Docker Container expose to 127.0.0.1 not working (LXC)

Help
1

Expected Behaviour:

Hey! I need your help.
I've been running Pi-Hole on a server on the internet for ages.
The server is an LXC container based on Proxmox.
I don't have access to Proxmox because it's a rented vServer.

Pi-Hole runs in a Docker container with Docker Compose.
I have opened all ports on 127.0.0.1 – i.e. only locally.
This has worked great so far.
Since yesterday, I can no longer access Pi-Hole locally on the server.
However, if I remove 127.0.0.1 and open the port to the internet in this case, I can access Pi-Hole locally on the system again.
But that's not good, because you're not supposed to publish your DNS on the internet.
I've put nginx in front of it so that I can use DoT and DoH.

What am I doing wrong?

Here is my docker-compose.yml:

services:
  pihole:
    container_name: pihole
    image: pihole/pihole:latest
    ports:
      - "127.0.0.1:30000:53/tcp"
      - "127.0.0.1:30000:53/udp"
      - "127.0.0.1:30001:67/udp"
      - "127.0.0.1:30002:80/tcp"
      - "127.0.0.1:30003:443/tcp"
      - "127.0.0.1:123:123/udp"
    environment:
      TZ: 'Europe/Berlin'
    volumes:
       - './etc-pihole/:/etc/pihole/'
       - './etc-dnsmasq.d/:/etc/dnsmasq.d/'
    dns:
      - 9.9.9.9
      - 1.1.1.1
    restart: unless-stopped

docker container ls

CONTAINER ID   IMAGE                             COMMAND                  CREATED          STATUS                    PORTS                                                                                                                                                                       NAMES
c128cd6e9c55   pihole/pihole:latest              "start.sh"               12 minutes ago   Up 12 minutes (healthy)   127.0.0.1:123->123/udp, 127.0.0.1:30000->53/tcp, 127.0.0.1:30000->53/udp, 127.0.0.1:30001->67/udp, 127.0.0.1:30002->80/tcp, 127.0.0.1:30003->443/tcp                        pihole

If I go into the container itself and run curl http://127.0.0.1:80, the web interface is displayed.
There must be some kind of problem between Pi-Hole and Docker. :frowning:

root@lxc-hoerli:~# curl http://127.0.0.1:30002
curl: (56) Recv failure: Connection reset by peer

docker-container:/# curl http://127.0.0.1:80
<!doctype html>
<!--
*  Pi-hole: A black hole for Internet advertisements
*  (c) 2017 Pi-hole, LLC (https://pi-hole.net)
*  Network-wide ad blocking via your own hardware.
*
*  This file is copyright under the latest version of the EUPL.
*  Please see LICENSE file for your rights under this license.
-->
<html lang="en">
<head>
    <meta charset="utf-8">
    <meta name="viewport" content="width=device-width, initial-scale=1">
    <title>Pi-hole</title>
    <meta name="csrf-token" content="">
..................

System

  • Debian 12 (LXC)
  • Docker version 29.1.4, build 0e6fee6
  • Docker Compose version v5.0.1

Debug Token:

l7cbTVLE

2

You can't just remap port 53 to 30000 or any other port.
All client software will use 53, as that's the standard port for DNS.
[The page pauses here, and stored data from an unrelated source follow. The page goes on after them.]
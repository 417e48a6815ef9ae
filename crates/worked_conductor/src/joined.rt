//! Seats that post while the conductor takes posts, and then all in one thread with it: all waiting posts are taken.
ghost use Rattle.std.specs.Prelude.{List, map};
ghost use Rattle.hc_rings.specs.declared.posts.PostReceiver.{PostReceiver};
ghost use Rattle.hc_conductor.specs.Seats.{sender};
ghost use Rattle.hc_conductor.specs.Together.{AreJoined, EachRing};

use crate::lines::opening;
use crate::posting::{accepted, is_posted};
use hc_conductor::conductor::Conductor;
use hc_conductor::seat::TaskSeat;
use hc_conductor::taking::Taken;
use hc_publish::faults::OpenFault;
use std::alloc::Global;
use std::sync::Wait;

/// Each seat posts, and the number of posts made is returned. It is proved that joined rings stay joined. The recursion is as
/// deep as the number of seats, eight.
fn posted(seats: &mut [TaskSeat]) -> u32
    ensures { (rings : List PostReceiver) → EachRing AreJoined (map sender seats.old) rings → EachRing AreJoined (map sender seats.new) rings }
{
    let Some((seat, others)) = seats.split_first_mut() else {
        return 0;
    };
    let one = u32::from(is_posted(seat, 0));
    posted(others).saturating_add(one)
}

/// The number of posts before a taking, the posts it took, the number of posts after it, and the posts of two takings by a
/// thread that has all seats again.
type Joined = (u32, Taken, u32, Taken, Taken);

/// All seats post, some posts are taken, all seats post twice, and all posts are taken. The one precondition is that the rings
/// are joined, which they are at the opening.
fn all_taken(conductor: &mut Conductor, seats: &mut [TaskSeat]) -> Joined
    requires { EachRing AreJoined (map sender seats.old) conductor.old.rings }
{
    let first = posted(seats);
    let some = conductor.take_posts();
    let second = posted(seats).saturating_add(posted(seats));
    let all = conductor.take_all_posts(seats);
    let none = conductor.take_all_posts(seats);
    (first, some, second, all, none)
}

/// The posts before and after a taking, from the axis' opening on.
fn all_taken_on_axis<R: Wait>(rt: &R, alloc: Global) -> Result<Joined, OpenFault> {
    let (mut conductor, mut seats) = opening(rt, alloc)?;
    let joined = all_taken(&mut conductor, &mut seats);
    conductor.finish(rt);
    Ok(joined)
}

/// All waiting posts are taken once one thread has the conductor and all seats, whatever was taken before.
#[test]
fn all_is_taken_after_other_takings(rt: HostRuntime) {
    assert_eq!(rt;
        all_taken_on_axis(&rt, rt.alloc()),
        Ok((8, accepted(8), 16, accepted(16), accepted(0)))
    );
}
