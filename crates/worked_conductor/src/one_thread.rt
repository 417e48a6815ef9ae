//! A master in one thread: what the contracts of `hc_conductor::one_thread` leave to tests, that all is opened, written,
//! sent, posted, taken, published and viewed with ample memory.
#[cfg(test)]
mod growths;
#[cfg(test)]
mod lines;
#[cfg(test)]
mod over_limit;
#[cfg(test)]
mod posts;
#[cfg(test)]
mod rows;
#[cfg(test)]
mod steps;
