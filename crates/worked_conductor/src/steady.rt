//! Cycles of eight tasks, all in one thread: posts, sendings, arrivals and a publishing. The lists and the memory of answers
//! are used again. After the first cycles no allocation is made, which is counted from outside (`ci/sweep.sh`).

use crate::fates::answer;
use crate::lines::{FRAME, are_written, opened_line};
use crate::posting::is_posted;
use crate::working::byte_of;
use hc_conductor::conductor::Conductor;
use hc_conductor::seat::TaskSeat;
use hc_events::answer::{Arrived, Outcome};
use hc_events::faults::CoreFault;
use hc_events::sending::Sending;
use hc_records::limits::TASKS;
use std::alloc::{AllocError, Global};
use std::sync::Wait;
use std::test::Fail;
use worked_views::projects::EIGHT;

/// As many frames as any sending has.
const MOST_FRAMES: usize = 128;

/// As many outcomes as any answer has.
const MOST_OUTCOMES: usize = 115;

/// The lists that a cycle uses again, with room for the frames of any sending and the outcomes of any answer.
#[derive(Drop)]
struct Lists {
    frames: Vec<Sending>,
    outcomes: Vec<Outcome>,
}

/// True if the core reads the byte that the slaves sent as this task's first input, after its outputs.
fn is_read(conductor: &Conductor, task: u8, step: u8) -> bool {
    let plan = conductor.core().plan();
    let (outputs, _) = plan.places().part(task);
    match conductor.core().data(task, 0) {
        Some(data) => data.get(usize::from(outputs)).copied() == Some(byte_of(plan.epoch(), step)),
        None => false,
    }
}

/// Sends a task and takes its answer. True if it was sent in one frame, and the answer is good.
fn is_exchanged(
    alloc: Global,
    conductor: &mut Conductor,
    lists: &mut Lists,
    task: u8,
    step: u8,
) -> Result<bool, CoreFault> {
    let mut frame = [0; FRAME];
    conductor.send_into(&[task], &mut frame, &mut lists.frames)?;
    if lists.frames.len() != 1 || answer(conductor, task, step, &mut frame).is_none() {
        return Ok(false);
    }
    let arrived = conductor.arrive_into(alloc, &frame, &mut lists.outcomes)?;
    let is_good = matches!(
        lists.outcomes.as_slice(),
        [Outcome::Inputs { datagram: 0, .. }]
    );
    Ok(arrived == Arrived::Answered && is_good && is_read(conductor, task, step))
}

/// Sends all tasks and takes their answers. True if each exchange is good.
fn are_exchanged(
    alloc: Global,
    conductor: &mut Conductor,
    lists: &mut Lists,
    step: u8,
) -> Result<bool, CoreFault> {
    for task in 0..TASKS {
        if !is_exchanged(alloc, conductor, lists, task, step)? {
            return Ok(false);
        }
    }
    Ok(true)
}

/// Each task posts. True if each post is made.
fn are_posted(seats: &mut Vec<TaskSeat>, byte: u8) -> bool {
    for seat in seats.iter_mut() {
        if !is_posted(seat, byte) {
            return false;
        }
    }
    true
}

/// Plays a cycle. True if its posts, takings and exchanges succeed.
fn is_played<R: Wait>(
    rt: &R,
    alloc: Global,
    conductor: &mut Conductor,
    seats: &mut Vec<TaskSeat>,
    lists: &mut Lists,
    step: u8,
) -> Result<bool, CoreFault> {
    let posted = are_posted(seats, step);
    let taken = conductor.take_posts();
    let exchanged = are_exchanged(alloc, conductor, lists, step)?;
    conductor.publish(rt, alloc)?;
    Ok(posted && taken.accepted == u32::from(TASKS) && exchanged)
}

/// Writes all blocks, and plays `cycles` cycles. True if each of them succeeds.
fn are_played<R: Wait>(
    rt: &R,
    alloc: Global,
    conductor: &mut Conductor,
    seats: &mut Vec<TaskSeat>,
    cycles: u8,
) -> Result<bool, CoreFault> {
    let mut lists = Lists {
        frames: Vec::with_capacity(alloc, MOST_FRAMES)?,
        outcomes: Vec::with_capacity(alloc, MOST_OUTCOMES)?,
    };
    let owed = conductor.core().owed();
    let mut right = are_written(alloc, conductor, owed);
    for step in 0..cycles {
        right = is_played(rt, alloc, conductor, seats, &mut lists, step)? && right;
    }
    Ok(right)
}

/// Returns whether `cycles` cycles go as they should, from the line's opening on.
fn is_steady<R: Wait>(rt: &R, alloc: Global, cycles: u8) -> Result<bool, CoreFault> {
    let Some((mut conductor, mut seats)) = opened_line(rt, alloc, EIGHT) else {
        return Err(CoreFault::Memory);
    };
    let steady = are_played(rt, alloc, &mut conductor, &mut seats, cycles);
    conductor.finish(rt);
    steady
}

/// Four cycles of eight tasks go as they should.
#[test]
fn few_cycles(rt: HostRuntime) -> Result<(), Fail> {
    assert!(rt; is_steady(&rt, rt.alloc(), 4)?);
    Ok(())
}

/// Forty cycles of eight tasks go as they should, and make as many allocations as four, as `ci/sweep.sh` counts.
#[test]
fn many_cycles(rt: HostRuntime) -> Result<(), Fail> {
    assert!(rt; is_steady(&rt, rt.alloc(), 40)?);
    Ok(())
}
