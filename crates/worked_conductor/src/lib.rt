//! A conductor with its seats, and a master in one thread: what the contracts of `hc_conductor` leave to tests, that all is
//! opened, sent, published, posted and seen with ample memory. The rows were worked out by hand. There is nothing to call:
//! these are tests.
#![tactic(auto)]

#[cfg(test)]
mod at_once;
#[cfg(test)]
mod changer;
#[cfg(test)]
mod docking;
#[cfg(test)]
mod dropped;
#[cfg(test)]
mod fates;
#[cfg(test)]
mod gates;
#[cfg(test)]
mod giving_up;
#[cfg(test)]
mod growths;
#[cfg(test)]
mod joined;
#[cfg(test)]
mod lines;
#[cfg(test)]
mod loops;
#[cfg(test)]
mod often;
#[cfg(test)]
mod one_thread;
#[cfg(test)]
mod over_limit;
#[cfg(test)]
mod posting;
#[cfg(test)]
mod posts;
#[cfg(test)]
mod ready;
#[cfg(test)]
mod rows;
#[cfg(test)]
mod scopes;
#[cfg(test)]
mod steady;
#[cfg(test)]
mod steps;
#[cfg(test)]
mod working;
EDIT: It may only work if you can control all your clients to use that other port.
I'd initially overlooked that could be the case for you, if your nginx DoH proxy would effectively be your only client.

3

I can change port 53 to 30000.
I have nginx running in front of it, which serves as a DoH and DoT server as described.
There I can set DNS on port 30000 as upstream DNS.
That works wonderfully.
I have two other Pi-Holes running with the same setup and it works great.
The only difference there is that one uses a real virtual machine and the other uses direct hardware.

4

I completely uninstalled Docker and updated the system to Debian 13.
Then I reinstalled Docker and... it's working again.

No idea what has been postponed again, but it's currently running.
I'll keep an eye on it.

5

This topic was automatically closed 21 days after the last reply. New replies are no longer allowed.